**Task details:** Every line below that holds the word "ghost" must be listed.

# # # # # # #

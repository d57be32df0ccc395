//! Arithmetic on whole numbers.

ghost use Rattle.std.specs.Prelude.{◌≡◌, Err, MatchOption};
ghost use Rattle.cs_model.specs.Expressions as spec;
ghost use Rattle.cs_model.specs.Expressions.{on_one, on_two};
ghost use Rattle.cs_model.specs.declared.expr_refusal.ExprRefusal.TheVariants as refusal;

use cs_model::{ExprRefusal, Times};
use cs_types::Loose;

/// The least number of bigint.
const LEAST: i128 = -9_223_372_036_854_775_808;

/// The greatest number of bigint.
const GREATEST: i128 = 9_223_372_036_854_775_807;

/// A result, if bigint keeps it; it is None where not even 128 bits keep it.
fn in_bigint(computed: Option<i128>) -> Result<Loose, ExprRefusal>
    ensures { MatchOption computed (result ≡ Err refusal.Overflow) (λ z. result ≡ spec.in_bigint z) }
{
    match computed {
        Some(m) if LEAST <= m && m <= GREATEST => Ok(Loose::Number { m, s: 0 }),
        _ => Err(ExprRefusal::Overflow),
    }
}

fn sum(minus: bool, a: i128, b: i128) -> Result<Loose, ExprRefusal>
    ensures { result ≡ spec.sum minus a b }
{
    if minus {
        in_bigint(a.checked_sub(b))
    } else {
        in_bigint(a.checked_add(b))
    }
}

/// The quotient, cut toward zero.
fn quotient(a: i128, b: i128) -> Result<Loose, ExprRefusal>
    ensures { result ≡ spec.product Times.Divide a b }
{
    if b == 0 {
        return Err(ExprRefusal::ZeroDivisor);
    }
    in_bigint(a.checked_div(b))
}

/// The remainder, with the sign of the left side.
fn remainder(a: i128, b: i128) -> Result<Loose, ExprRefusal>
    ensures { result ≡ spec.product Times.Remainder a b }
{
    if b == 0 {
        return Err(ExprRefusal::ZeroDivisor);
    }
    // By -1 nothing is left, also where the quotient is too large for 128 bits.
    if b == -1 {
        return in_bigint(Some(0));
    }
    in_bigint(Some(a % b))
}

fn product(times: Times, a: i128, b: i128) -> Result<Loose, ExprRefusal>
    ensures { result ≡ spec.product times a b }
{
    match times {
        Times::Multiply => in_bigint(a.checked_mul(b)),
        Times::Divide => quotient(a, b),
        Times::Remainder => remainder(a, b),
    }
}

/// The whole number that a value is. Numbers with places, texts and days are in no arithmetic.
fn whole_of(value: &Loose) -> Option<i128>
    ensures { result ≡ spec.whole_of value.now }
{
    match value {
        Loose::Number { m, s: 0 } => Some(*m),
        _ => None,
    }
}

/// A value under a sign: `-` negates it, `+` keeps it. NULL stays NULL.
pub fn signed(minus: bool, value: &Loose) -> Result<Loose, ExprRefusal>
    ensures { result ≡ on_one (spec.signed minus) (spec.whole_of value.now) }
{
    match whole_of(value) {
        Some(a) if minus => in_bigint(a.checked_neg()),
        Some(a) => in_bigint(Some(a)),
        None => Ok(Loose::Null),
    }
}

/// The sum of two values, or with `minus` their difference. With NULL it is NULL.
pub fn sum_of(minus: bool, left: &Loose, right: &Loose) -> Result<Loose, ExprRefusal>
    ensures { result ≡ on_two (spec.sum minus) (spec.whole_of left.now) (spec.whole_of right.now) }
{
    match (whole_of(left), whole_of(right)) {
        (Some(a), Some(b)) => sum(minus, a, b),
        _ => Ok(Loose::Null),
    }
}

/// The product, quotient or remainder of two values. With NULL it is NULL.
pub fn product_of(times: Times, left: &Loose, right: &Loose) -> Result<Loose, ExprRefusal>
    ensures { result ≡ on_two (spec.product times) (spec.whole_of left.now) (spec.whole_of right.now) }
{
    match (whole_of(left), whole_of(right)) {
        (Some(a), Some(b)) => product(times, a, b),
        _ => Ok(Loose::Null),
    }
}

# # # # # # #

**Your solution:**
ghost use Rattle.std.specs.Prelude.{◌≡◌, Err, MatchOption};
ghost use Rattle.cs_model.specs.Expressions as spec;
ghost use Rattle.cs_model.specs.Expressions.{on_one, on_two};
ghost use Rattle.cs_model.specs.declared.expr_refusal.ExprRefusal.TheVariants as refusal;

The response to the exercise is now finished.